Someone on the Statistical Consulting forum mentioned that she is going to become an independent consultant when she graduates and wanted to find out from people who are currently in that position what the one thing is that they hate most. This email drew a lot of responses including several people who cautioned this women about the difficulties for a young person to become an independent consultant. Here are the thoughts I shared on the thing I hate most and what the issues are with embarking out on your own as an independent consulting early in your career.
I hate accounting. My joke is that if my bank balance is within $100 of what the bank says, I chalk up the difference to sampling error.
I especially don’t like invoicing, and I put it off for months, which is really bad for cash flow. If my wife did not have a full time job, I’d be in big trouble. I also have a lot of difficulty keeping personal charges from sneaking onto my business credit card and business charges from sneaking onto my personal credit card.

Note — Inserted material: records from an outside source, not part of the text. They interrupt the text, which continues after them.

//! Readers, which are fed a stream's bytes in pieces and keep no more of them than they need.
ghost use Rattle.std.specs.Prelude.{◌≡◌, ◌≤◌, ◌<◌, ◌+◌, ℕ, [], ◌++◌, List, None, length, take, IfOk, OnErr, OnOk, true, false};
ghost use Rattle.wt_proto.specs.Bi.{bi_decides};
ghost use Rattle.wt_proto.specs.ControlWalk.{control_decides};
ghost use Rattle.wt_proto.specs.ResponseWalk.{response_decides};
ghost use Rattle.wt_proto.specs.Uni.{uni_decides};
ghost use Rattle.wt_proto.specs.WalkProgress.{Advances, AdvancesSome, HasRead, Reading, fed_reading};
ghost use Rattle.wt_proto.specs.Reading.{outcome_in};
ghost use Rattle.wt_proto.specs.Steady.{IsLawful};
ghost use Rattle.wt_wire.specs.declared.side.StreamEnd.{StreamEnd};
ghost use Rattle.wt_wire.specs.declared.side.StreamEnd.TheVariants.{Running};

use crate::bi::BiHeader;
use crate::control_walk::ControlWalk;
use crate::cursor::{Cursor, take_in};
use crate::response_walk::ResponseWalk;
use crate::session_reader::SessionReader;
use crate::session_walk::SessionWalk;
use crate::steps::Steps;
use crate::verdict::UniHeader;
use crate::walk::Walk;
use std::alloc::Global;
use std::marker::Model;
use std::sync::ledger::Ledger;
use wt_wire::error::OutOfMemory;
use wt_wire::side::StreamEnd;

/// A reader of a peer's unidirectional stream up to its verdict.
pub type UniReader = StreamReader<UniHeader>;

/// A reader of a peer's bidirectional stream up to its verdict.
pub type BiReader = StreamReader<BiHeader>;

/// A reader of the peer's control stream after its type.
pub type ControlReader = StreamReader<ControlWalk>;

/// A walk over a stream of a session, and the reader that goes over it.
pub trait FrameWalk {
    type Reader;
}

impl FrameWalk for SessionWalk {
    type Reader = SessionReader;
}

impl FrameWalk for ResponseWalk {
    type Reader = StreamReader<ResponseWalk>;
}

/// A reader of frames: of a session's stream after the frame that established the session
/// (`SessionWalk`), or of a client's session stream from its first byte (`ResponseWalk`).
pub type FrameReader<W> = <W as FrameWalk>::Reader;

/// A reader of a stream that is fed its bytes in pieces. It keeps no more of them than the front of
/// an item that isn't decided, which is at most 4,112 bytes: a type and a length of 8 bytes each, and
/// a payload of 4,096. Contracts see how far the walk over all bytes is, as data.
#[derive(Drop)]
pub struct StreamReader<W: Walk> {
    cursor: Cursor<W::State, W::Outcome>,
    end: StreamEnd,
    unfinished: W::Outcome,
}

impl<W: Walk> Model for StreamReader<W> {
    ghost use Rattle.wt_proto.specs.WalkProgress.{Reading};
    ghost use Rattle.wt_proto.specs.Cursor.{progress_of};
    ghost use Rattle.wt_proto.specs.Reading.{IsReading};

    ghost Value = { Reading W.State W.Outcome };

    ghost view = { λ r. record { progress = progress_of r.cursor; end = r.end } };

    ghost invariant = { λ r. IsReading W.start_state W.decides W.wants W.unfinished_at W.is_final_outcome W.outcome_of r.cursor r.end r.unfinished };
}

impl<W: Walk> StreamReader<W> {
    /// A reader of a lawful walk that took no bytes.
    fn empty(alloc: Global) -> Self
        requires { IsLawful W.start_state W.decides W.wants W.unfinished_at W.is_final_outcome W.outcome_of }
        ensures { HasRead W.decides W.start_state result [] Running }
    {
        let state = W::start();
        let unfinished = W::unfinished(alloc, StreamEnd::Running, &state, true);
        StreamReader {
            cursor: Cursor::at_item(alloc, state),
            end: StreamEnd::Running,
            unfinished,
        }
    }

    /// What stopped the walk, else what the end makes of where it stands.
    fn current(&self) -> &W::Outcome
        ensures { result.now ≡ outcome_in W.unfinished_at self.now }
    {
        match &self.cursor.stop {
            Some(outcome) if self.cursor.skip == 0 => outcome,
            _ => &self.unfinished,
        }
    }

    /// The same by value.
    fn into_current(self) -> W::Outcome
        ensures { result ≡ outcome_in W.unfinished_at self }
    {
        let StreamReader {
            cursor,
            end: _,
            unfinished,
        } = self;
        let Cursor {
            state: _,
            stop,
            skip,
            kept: _,
            wanted: _,
        } = cursor;
        match stop {
            Some(outcome) if skip == 0 => outcome,
            _ => unfinished,
        }
    }

    /// Takes bytes of the piece, and sees what the end makes of where the walk stands then.
    fn take_piece(&mut self, piece: &[u8]) -> Result<usize, OutOfMemory>
        ensures advances { IfOk result (λ n. Advances W.decides self.old.progress self.new.progress piece.now n) }
        ensures end { self.new.end ≡ self.old.end }
        ensures running { IfOk result (λ n. 0 < n → W.is_final_outcome (outcome_in W.unfinished_at self.old) ≡ false) }
        ensures all { IfOk result (λ n. n < length piece.now → W.is_final_outcome (outcome_in W.unfinished_at self.new) ≡ true) }
        ensures lost { OnErr result (AdvancesSome W.decides self.old.progress self.new.progress piece.now) }
    {
        // What comes after belongs to whoever reads the stream next.
        if W::is_final(self.current()) {
            return Ok(0);
        }
        let alloc = *self.cursor.kept.allocator();
        let consumed = take_in::<W>(&mut self.cursor, piece);
        let between = self.cursor.is_between();
        self.unfinished = W::unfinished(alloc, self.end, &self.cursor.state, between);
        consumed
    }

    /// Takes the bytes of the piece up to the one with which the outcome is final, else all of them,
    /// and returns how many. It counts one step. Where memory is short, the reader stands after some
    /// first bytes of the piece.
    pub fn feed<L: Ledger>(
        &mut self,
        piece: &[u8],
        steps: &mut Steps<L>,
    ) -> Result<usize, OutOfMemory>
        ensures within { IfOk result (λ n. n ≤ length piece.now) }
        ensures fed { IfOk result (λ n. self.new ≡ fed_reading W.decides self.old (take n piece.now)) }
        ensures read { (bytes : List ℕ) (end : StreamEnd) → HasRead W.decides W.start_state self.old bytes end →
            IfOk result (λ n. HasRead W.decides W.start_state self.new (bytes ++ take n piece.now) end) }
        ensures running { (bytes : List ℕ) (end : StreamEnd) (k : ℕ) → HasRead W.decides W.start_state self.old bytes end →
            IfOk result (λ n. k < n → W.is_final_outcome (W.outcome_of (bytes ++ take k piece.now) end) ≡ false) }
        ensures stopped { (bytes : List ℕ) (end : StreamEnd) → HasRead W.decides W.start_state self.old bytes end →
            IfOk result (λ n. n < length piece.now → W.is_final_outcome (W.outcome_of (bytes ++ take n piece.now) end) ≡ true) }
        ensures open { (k : ℕ) → IfOk result (λ n. k < n → W.is_final_outcome (outcome_in W.unfinished_at (fed_reading W.decides self.old (take k piece.now))) ≡ false) }
        ensures stops_short { IfOk result (λ n. n < length piece.now → W.is_final_outcome (outcome_in W.unfinished_at self.new) ≡ true) }
        ensures idle { W.is_final_outcome (outcome_in W.unfinished_at self.old) ≡ true → IfOk result (λ n. n ≡ 0) }
        ensures joins { (xs ys : List ℕ) → fed_reading W.decides (fed_reading W.decides self.old xs) ys ≡ fed_reading W.decides self.old (xs ++ ys) }
        ensures none { fed_reading W.decides self.old [] ≡ self.old }
        ensures steps { steps.new ≡ steps.old + 1 }
        ensures lost { OnErr result ((k : ℕ) × (k ≤ length piece.now) × (self.new ≡ fed_reading W.decides self.old (take k piece.now))) }
    {
        // Read for the proof alone, which takes the reader's invariant from here.
        let _ = &self.end;
        steps.tick();
        self.take_piece(piece)
    }

    /// Notes the end after the bytes that were taken.
    pub fn end(&mut self, end: StreamEnd)
        ensures value { self.new ≡ record self.old { end = end } }
        ensures read { (bytes : List ℕ) (before : StreamEnd) → HasRead W.decides W.start_state self.old bytes before
            → HasRead W.decides W.start_state self.new bytes end }
    {
        let alloc = *self.cursor.kept.allocator();
        let between = self.cursor.is_between();
        self.end = end;
        self.unfinished = W::unfinished(alloc, self.end, &self.cursor.state, between);
    }

    /// Whether the outcome is final.
    pub fn is_over(&self) -> bool
        ensures answer { result ≡ W.is_final_outcome (outcome_in W.unfinished_at self.now) }
        ensures joins { (xs ys : List ℕ) → fed_reading W.decides (fed_reading W.decides self.now xs) ys ≡ fed_reading W.decides self.now (xs ++ ys) }
        ensures none { fed_reading W.decides self.now [] ≡ self.now }
    {
        // Read for the proof alone, which takes the reader's invariant from here.
        let _ = &self.end;
        W::is_final(self.current())
    }

    /// The outcome of all bytes that were taken and the end.
    pub fn outcome(&self) -> &W::Outcome
        ensures value { result.now ≡ outcome_in W.unfinished_at self.now }
        ensures read { (bytes : List ℕ) (end : StreamEnd) → HasRead W.decides W.start_state self.now bytes end → result.now ≡ W.outcome_of bytes end }
    {
        // Read for the proof alone, which takes the reader's invariant from here.
        let _ = &self.end;
        self.current()
    }

    /// The outcome of all bytes that were taken and the end, by value.
    pub fn into_outcome(self) -> W::Outcome
        ensures value { result ≡ outcome_in W.unfinished_at self }
        ensures read { (bytes : List ℕ) (end : StreamEnd) → HasRead W.decides W.start_state self bytes end → result ≡ W.outcome_of bytes end }
    {
        // Read for the proof alone, which takes the reader's invariant from here.
        let _ = &self.end;
        self.into_current()
    }

    /// How many bytes it keeps: those of an item that isn't decided. Bytes to skip aren't kept.
    pub fn kept(&self) -> usize
        ensures bytes { result ≡ length self.now.progress.kept }
        ensures few { result ≤ 4112 }
    {
        self.cursor.kept.as_slice().len()
    }
}

impl StreamReader<UniHeader> {
    /// A reader that took no bytes.
    #[tactic(auto, using(crate::proofs::UniReading::uni_lawful))]
    pub fn new(alloc: Global) -> Self
        ensures { HasRead uni_decides tt result [] Running }
    {
        StreamReader::empty(alloc)
    }
}

impl StreamReader<BiHeader> {
    /// A reader that took no bytes.
    #[tactic(auto, using(crate::proofs::BiReading::bi_lawful))]
    pub fn new(alloc: Global) -> Self
        ensures { HasRead bi_decides 0 result [] Running }
    {
        StreamReader::empty(alloc)
    }
}

impl StreamReader<ControlWalk> {
    /// A reader that took no bytes.
    #[tactic(auto, using(crate::proofs::ControlReading::control_lawful))]
    pub fn new(alloc: Global) -> Self
        ensures { HasRead control_decides None result [] Running }
    {
        StreamReader::empty(alloc)
    }
}

impl StreamReader<ResponseWalk> {
    /// A reader that took no bytes.
    #[tactic(auto, using(crate::proofs::ResponseReading::response_lawful))]
    pub fn for_response(alloc: Global) -> Self
        ensures { HasRead response_decides 0 result [] Running }
    {
        StreamReader::empty(alloc)
    }
}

If I could elaborate on what some of the other people have mentioned, I believe that independent consulting, to a large extent, is an old person’s game. There are three reasons for this. First, you’ll get most of your clients from “word of mouth” and the older you are, the more people there are who know you and are willing to spread the word on your behalf.
Second, as a consultant, you will get questions from all different directions. It takes a long time to build up a base of expertise enough so that you can answer most of those questions without having a co-worker you can fall back on.
Third, most of what you will do ten or twenty years from now will be the result of learning on the job. If you are a consultant in a larger organization, you will find that that they will invest money in you to make you a better consultant because they will see the benefits down the road. The funny thing about clients is that they are extremely reluctant to pay you to learn something new on their dime. Their time frame is very short term and they don’t benefit from the seasoned professionalism that you will develop by 2030.
Now you do have an advantage in that most of us old dogs still struggle with learning new tricks. And if you are in an area were you can pretty much guarantee that the questions you get will be closely related to your area of study, especially to the work you do on your dissertation, then you can still be successful as an independent consultant.
Don’t let us discourage you if your heart is in being an independent consultant. You didn’t ask for what the best thing was about independent consulting, but I will tell you that independent consulting is great because you work for the perfect boss, yourself. If you’re young, you’ll struggle with finding clients and you’ll struggle with answering all the questions that seem to come out of left field. But if you really love what you do and you work hard at it, you will be successful. I know a fair number of consultants who are much younger than me, and they seem to be doing okay.